■ Directions ■
Give again, unaltered, the lines of the listing below that run from the line having "of the fakes." through the line having "shown_of(rt, alloc, rows.as_slice())".

■ Source records ■

———

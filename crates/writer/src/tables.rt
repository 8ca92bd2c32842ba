// The writers of the scripts, the two tables and the trailer: each is lent the part of the buffer that begins where it starts.
ghost use Rattle.std.specs.Prelude.{◌≡◌, [], ◌∷◌, ◌++◌, ◌*◌, ◌≤◌, ◌<◌, length};
ghost use Rattle.rules.specs.Limits.{task_limit, object_limit};
ghost use Rattle.words.specs.Words.{word, over_front};
ghost use Rattle.format.specs.Limits.{task_row_size, object_row_size, trailer_size};
ghost use Rattle.encoding.specs.File.{pieces, bytes_before, task_row_bytes, object_row_bytes, trailer_bytes};

use format::File;

// The scripts, one after the other as they were lent.
pub fn write_scripts(steps: &[u8], out: &mut [u8])
    requires { length steps.now ≤ length out.old }
    ensures { out.new ≡ over_front steps.now out.old }
{
    out[..steps.len()].copy_from_slice(steps);
}

// One task row.
fn write_task(base: u8, start: u16, size: u16, row: &mut [u8])
    requires { task_row_size ≤ length row.old }
    ensures { row.new ≡ over_front (base ∷ 0 ∷ (word start ++ word size)) row.old }
{
    row[0] = base;
    row[1] = 0;
    row[2..4].copy_from_slice(&start.to_le_bytes());
    row[4..6].copy_from_slice(&size.to_le_bytes());
}

// The task table.
// Of the two lists that a row is made of, as task_row_bytes has them: the tables know nothing of the parts around them.
pub fn write_tasks(bases: &[u8], lengths: &[u16], table: &mut [u8])
    requires bases_len_bound { length bases.now ≤ task_limit }
    requires lengths_len { length lengths.now ≡ length bases.now }
    requires bases_bound { bytes_before lengths.now (length bases.now) < 65536 }
    requires bases_in_bounds { task_row_size * length bases.now ≤ length table.old }
    ensures { table.new ≡
        over_front (pieces (length bases.now) (task_row_bytes bases.now lengths.now)) table.old }
{
    let mut start: usize = 0;
    for (t, &base) in bases.iter().enumerate() {
        let at = File::TASK_ROW as usize * t;
        let size = File::STEP * lengths[t] as usize;
        write_task(base, start as u16, size as u16, &mut table[at..]);
        start += size;
    }
}

// One object row.
fn write_object(ceiling: u8, row: &mut [u8])
    requires { object_row_size ≤ length row.old }
    ensures { row.new ≡ over_front (ceiling ∷ 0 ∷ []) row.old }
{
    row[0] = ceiling;
    row[1] = 0;
}

// The object table.
pub fn write_objects(ceilings: &[u8], table: &mut [u8])
    requires ceilings_len_bound { length ceilings.now ≤ object_limit }
    requires ceilings_in_bounds { object_row_size * length ceilings.now ≤ length table.old }
    ensures { table.new ≡
        over_front (pieces (length ceilings.now) (object_row_bytes ceilings.now)) table.old }
{
    for (o, &ceiling) in ceilings.iter().enumerate() {
        write_object(ceiling, &mut table[File::OBJECT_ROW as usize * o..]);
    }
}

// The trailer of so many tasks and objects, with where their tables start.
#[tactic(auto, unfolding(encoding::specs::File::trailer_bytes))]
pub fn write_trailer(tasks: u8, objects: u8, object_start: u16, task_start: u16, end: &mut [u8])
    requires { trailer_size ≤ length end.old }
    ensures { end.new ≡ over_front (trailer_bytes tasks objects object_start task_start) end.old }
{
    end[0] = File::FIRST_MARK;
    end[1] = File::SECOND_MARK;
    end[2] = tasks;
    end[3] = objects;
    end[4..6].copy_from_slice(&object_start.to_le_bytes());
    end[6..8].copy_from_slice(&task_start.to_le_bytes());
}
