ghost use Rattle.std.specs.Prelude.{◌≡◌, ◌↔◌, ◌+◌, IsTrue, IsSome, IfSome, OnOk, false, None, Some};
ghost use Rattle.std.specs.Ordering.{nat_cmp};
ghost use Rattle.std.specs.BTreeMap.{Updates, get};
ghost use Rattle.std.specs.Bool.{OnFalse, OnTrue};
ghost use Rattle.std.specs.Option.{option_copied};
ghost use Rattle.resolver_swarm.specs.Keeping.{AreThose, Follows, Hears, IsAnswered, IsRuled, Joins, Replaces, TimesOut, answer_in, retires, said_in, sent_to};
ghost use Rattle.resolver_swarm.specs.Judging.{AreCounted, AreRowsOf, ComplainsUnless, HasWork, HaveRequests, IsAnswer, IsAwake, IsEligible, IsLater, IsListed, IsNoted, IsTold, IsUnjudged, MayRequest, clear_of, deadline_of, first_deadline, first_found};

use crate::height::Height;
use crate::judging::complaint::Complaint;
use crate::judging::requests::{Asked, Requests};
use crate::judging::said::{Said, read};
use crate::settings::{Settings, nanos};
use crate::world::Happens;
use resolver_core::base::{Check, NonEmptyVec};
use resolver_core::ingress::FetchKey;
use resolver_core::p2p::Phases;
use resolver_core::p2p::effects::Effect;
use resolver_core::p2p::inputs::Event;
use resolver_core::p2p::rows::{Phase, Row};
use resolver_core::{Outcome, Resolution};
use std::alloc::{AllocError, Global};
use std::collections::{BTreeMap, BTreeSet};

/// What a core is to have and to do, and what it did wrong first. Nothing is given up in a run, so no retain is told.
#[derive(Drop)]
pub struct Judge {
    pub me: u16,
    pub limit: u32,
    pub timeout: u128,
    pub now: u128,
    pub index: Option<u64>,
    pub peers: BTreeSet<u16>,
    pub blocked: BTreeSet<u16>,
    /// The numbers of the keys that were fetched and not retired.
    pub demand: BTreeSet<u16>,
    /// The requests without an answer.
    pub asked: Requests,
    /// The keys of the deliveries without a verdict, by their numbers. A node gives a verdict at once, so they are few.
    pub judged: BTreeMap<u64, Height>,
    /// The senders of the responses that have earned nothing, by their numbers.
    pub senders: BTreeMap<u64, u16>,
    /// The request that was answered by the last event with a value.
    pub answered: Option<Asked>,
    /// The peer that may be sent to, as the last check said.
    pub clear: Option<u16>,
    /// The keys whose rows the last event, and what was asked and told since, may have changed.
    pub touched: Vec<Height>,
    /// How many events were taken since whole rows were compared.
    pub unseen: usize,
    /// What is wrong, if something is: what was found first.
    pub complaint: Option<Complaint>,
}
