/// What carries a core's effects out, and what is open then.
#[derive(Drop)]
pub struct Hands {
    pub alloc: Global,
    pub setting: Setting,
    pub now: u64,
    pub fakes: Fakes,
    scan: Scan,
    /// Those that have no verdict.
    pub deliveries: VecDeque<u64>,
    /// Those of them that are no longer wanted.
    canceled: Vec<u64>,
    /// Those of them whose verdict the core has to get.
    closing: VecDeque<u64>,
    /// Those that the producer hasn't answered, with their keys.
    pub serves: VecDeque<(u64, Key)>,
    /// What was sent and accepted.
    pub sent: VecDeque<(Peer, Bytes)>,
    /// The keys and subscribers that were handed out.
    pub delivered: Vec<(u8, u16)>,
    pub counts: Counts,
    /// What the core took, as a script for `resolver-replay`.
    pub script: String,
    /// What judges the core, where it is to be judged by a model.
    pub model: Option<Model>,
}

/// A core, and what carries its effects out.
#[derive(Drop)]
pub struct Twin<C> {
    core: C,
    pub hands: Hands,
    /// How many peers each key may be asked of, where scans are to be judged.
    eligible: Option<usize>,
}

/// When a request's time is over, and when it is time to look for keys to ask for.
pub type Deadlines = (Option<u128>, Option<u128>);

/// The earlier of the two, where a clock can reach it.
pub fn awaited(deadlines: Deadlines) -> Option<u128> {
    let (active, pending) = deadlines;
    let active = active.unwrap_or(u128::MAX);
    let pending = pending.unwrap_or(u128::MAX);
    let earlier = if pending < active { pending } else { active };
    if earlier < 1 << 94 {
        Some(earlier)
    } else {
        None
    }
}

/// Where a loop looks for an input, from the first place to the last. The moment is what the loop's clock says.
#[derive(Clone, Copy, PartialEq, Eq, PartialOrd, Ord)]
enum Place {
    Moment,
    Peers,
    Blocked,
    /// A request's time is over.
    Active,
    Verdicts,
    Mailbox,
    /// A key is due.
    Pending,
    Serves,
    Network,
}

const PLACES: &[Place] = &[
    Place::Moment,
    Place::Peers,
    Place::Blocked,
    Place::Verdicts,
    Place::Mailbox,
    Place::Serves,
    Place::Network,
];

/// Where a loop finds what this makes ready.
fn place_of(act: Act<'_>) -> Place {
    match act {
        Act::At(_) => Place::Moment,
        Act::Peers(..) | Act::ClosePeers => Place::Peers,
        Act::Block(_) | Act::CloseBlocked => Place::Blocked,
        Act::Judge(_) | Act::Drop | Act::IsWanted => Place::Verdicts,
        Act::Fetch(_)
        | Act::LastFetch(_)
        | Act::FetchFrom(_)
        | Act::Retain(_)
        | Act::CloseMailbox => Place::Mailbox,
        Act::Serve(_) | Act::DropServe => Place::Serves,
        Act::Net(..) | Act::CloseNetwork => Place::Network,
    }
}

/// An engine's core, as calls that promise nothing.
pub trait Steps {
    fn take(&mut self, rt: &impl Abort, input: Input<Key, Peer, u16, Below>) -> Vec<Done>;

    fn deadlines(&self) -> Deadlines;

    /// The demanded keys.
    fn list_rows(&self, rt: &impl Abort, alloc: Global) -> Vec<Shown>;
}

/// A core at the names of the fakes.
pub type Plain = Core<Key, Peer, u16, Below>;

impl Steps for Plain {
    fn take(&mut self, rt: &impl Abort, input: Input<Key, Peer, u16, Below>) -> Vec<Done> {
        self.step(input).expect(rt, "an input that is taken")
    }

    fn deadlines(&self) -> Deadlines {
        (self.get_active_deadline(), self.get_pending_deadline())
    }

    fn list_rows(&self, rt: &impl Abort, alloc: Global) -> Vec<Shown> {
        let rows = self.rows().expect(rt, "memory");
        shown_of(rt, alloc, rows.as_slice())
    }
}

/// A core with a timeout of 50 and a delay of 10, as a call that promises nothing.
pub fn make_core(alloc: Global, setting: Setting) -> Plain {
    let configuration = Config {
        me: Some(Peer(setting.me)),
        fetch_timeout: 50,
        retry_delay: 10,
        peer_limit: setting.limit,
        priority_requests: setting.priorities.0,
    };
    Core::new(alloc, configuration, setting.priorities.1)
}

fn make_fakes(rt: &impl Abort, alloc: Global, setting: Setting) -> Fakes {
    let (told, seen) = mpsc::unbounded(alloc).expect(rt, "memory");
    let one = told.clone().expect(rt, "memory");
    let other = told.clone().expect(rt, "memory");
    Fakes {
        wire: Wire::new(one, setting.wrong),
        dice: setting.dice(other),
        told,
        seen,
    }
}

———

■ Expected answer ■
/// A core at the names of the fakes.
pub type Plain = Core<Key, Peer, u16, Below>;

impl Steps for Plain {
    fn take(&mut self, rt: &impl Abort, input: Input<Key, Peer, u16, Below>) -> Vec<Done> {
        self.step(input).expect(rt, "an input that is taken")
    }

    fn deadlines(&self) -> Deadlines {
        (self.get_active_deadline(), self.get_pending_deadline())
    }

    fn list_rows(&self, rt: &impl Abort, alloc: Global) -> Vec<Shown> {
        let rows = self.rows().expect(rt, "memory");
        shown_of(rt, alloc, rows.as_slice())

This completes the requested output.